__MATERIAL SUPPLIED__
*** Begin section ***

//! Reads a parameter and its value.
ghost use Rattle.std.specs.Prelude.{if◌then◌else◌};
ghost use Rattle.tb_param.specs.declared.Value.TheVariants as values;
ghost use Rattle.tb_galley.specs.declared.contents.Content.TheVariants.{Set};
ghost use Rattle.tb_galley.specs.FieldReader.{left_of, Gives, GivesBy, mapped, range_left, least_left, fraction_left, glue_left, rule_left, choice_left, value_left, parameter_left, set_left};

use crate::Cause;
use crate::field_reader::cause_in;
use crate::fields::{At, Fields};
use tb_param::{Choice, Field, Form, Value, row_for};
use tb_text::split_field;

impl Fields<'_> {
    /// The next field as the name of a parameter of a galley of this version: which it is, and its form. The bytes of the
    /// names are printable, so only other fields are tested for that.
    #[inline(always)]
    pub fn parameter(&mut self, version: u8) -> Result<(Field, Form), At>
        ensures { Gives result (left_of self.new) (parameter_left version (left_of self.old)) }
    {
        let number = self.number;
        let Some((name, rest)) = split_field(self.rest) else {
            return Err(self.no_field());
        };
        match row_for(version, name) {
            Some((_, field, form)) => {
                self.rest = rest;
                self.number = number + 1;
                Ok((field, form))
            }
            None => Err(At {
                field: number,
                cause: cause_in(name, Cause::UnknownParameter),
            }),
        }
    }
}

// Each form is read by a function of its own, so that a value takes no room for what other forms need.
fn integer(low: i64, high: i64, fields: &mut Fields<'_>) -> Result<Value, At>
    ensures { Gives result (left_of fields.new) (mapped (λ n. values.Int n) (range_left low high Cause.Parameter (left_of fields.old))) }
{
    Ok(Value::Int(fields.integer_within(low, high, Cause::Parameter)?))
}

fn dimension(low: i64, fields: &mut Fields<'_>) -> Result<Value, At>
    ensures { Gives result (left_of fields.new) (mapped (λ n. values.Dim n) (least_left low Cause.Parameter (left_of fields.old))) }
{
    Ok(Value::Dim(fields.dimension_from(low, Cause::Parameter)?))
}

fn fraction(fields: &mut Fields<'_>) -> Result<Value, At>
    ensures { Gives result (left_of fields.new) (mapped (λ n. values.Frac n) (fraction_left (left_of fields.old))) }
{
    Ok(Value::Frac(fields.fraction()?))
}

fn glue(fields: &mut Fields<'_>) -> Result<Value, At>
    ensures { Gives result (left_of fields.new) (mapped (λ g. values.Skip g) (glue_left Cause.WrongForm (left_of fields.old))) }
{
    Ok(Value::Skip(fields.glue(Cause::WrongForm)?))
}

fn drawn(fields: &mut Fields<'_>) -> Result<Value, At>
    ensures { Gives result (left_of fields.new) (mapped (λ r. values.Rule r) (rule_left (left_of fields.old))) }
{
    Ok(Value::Rule(fields.rule()?))
}

// One of two words, each with what it stands for.
fn choice(
    first: &[u8],
    if_first: Choice,
    second: &[u8],
    if_second: Choice,
    fields: &mut Fields<'_>,
) -> Result<Value, At>
    ensures { Gives result (left_of fields.new)
        (mapped (λ b. values.Word (if b then if_second else if_first)) (choice_left first.now second.now Cause.WrongForm (left_of fields.old))) }
{
    let is_second = fields.choice(first, second, Cause::WrongForm)?;
    Ok(Value::Word(if is_second { if_second } else { if_first }))
}

#[tactic(auto, unfolding(crate::specs::FieldReader::value_left))]
fn value(form: Form, fields: &mut Fields<'_>) -> Result<Value, At>
    ensures { Gives result (left_of fields.new) (value_left form (left_of fields.old)) }
{
    match form {
        Form::Int { low, high } => integer(low, high, fields),
        Form::Dim { low } => dimension(low, fields),
        Form::Frac => fraction(fields),
        Form::Skip => glue(fields),
        Form::Bottom => choice(b"ragged", Choice::Ragged, b"flush", Choice::Flush, fields),
        Form::Switch => choice(b"off", Choice::Off, b"on", Choice::On, fields),
        Form::Release => choice(b"2014", Choice::R2014, b"2015", Choice::R2015, fields),
        Form::Rule => drawn(fields),
        Form::FootDepth => choice(b"keep", Choice::Keep, b"drop", Choice::Drop, fields),
        Form::FootPlace => choice(b"above", Choice::Above, b"below", Choice::Below, fields),
    }
}

/// A parameter of a galley of this version, and its value.
#[inline(always)]
#[tactic(auto, using(crate::proofs::ParameterFields::set_refused, crate::proofs::ParameterFields::set_value_refused, crate::proofs::ParameterFields::set_read))]
pub(crate) fn setting(version: u8, fields: &mut Fields<'_>) -> Result<(Field, Value), At>
    ensures { GivesBy (λ s. Set s.0 s.1) result (left_of fields.new) (set_left version (left_of fields.old)) }
{
    let (field, form) = fields.parameter(version)?;
    let value = value(form, fields)?;
    Ok((field, value))
}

*** End section ***

__WORK TO BE COMPLETED__
Where does "auto" occur in the data? Copy each line that has it.

__OUTPUT OF THE TASK__
#[tactic(auto, unfolding(crate::specs::FieldReader::value_left))]
#[tactic(auto, using(crate::proofs::ParameterFields::set_refused, crate::proofs::ParameterFields::set_value_refused, crate::proofs::ParameterFields::set_read))]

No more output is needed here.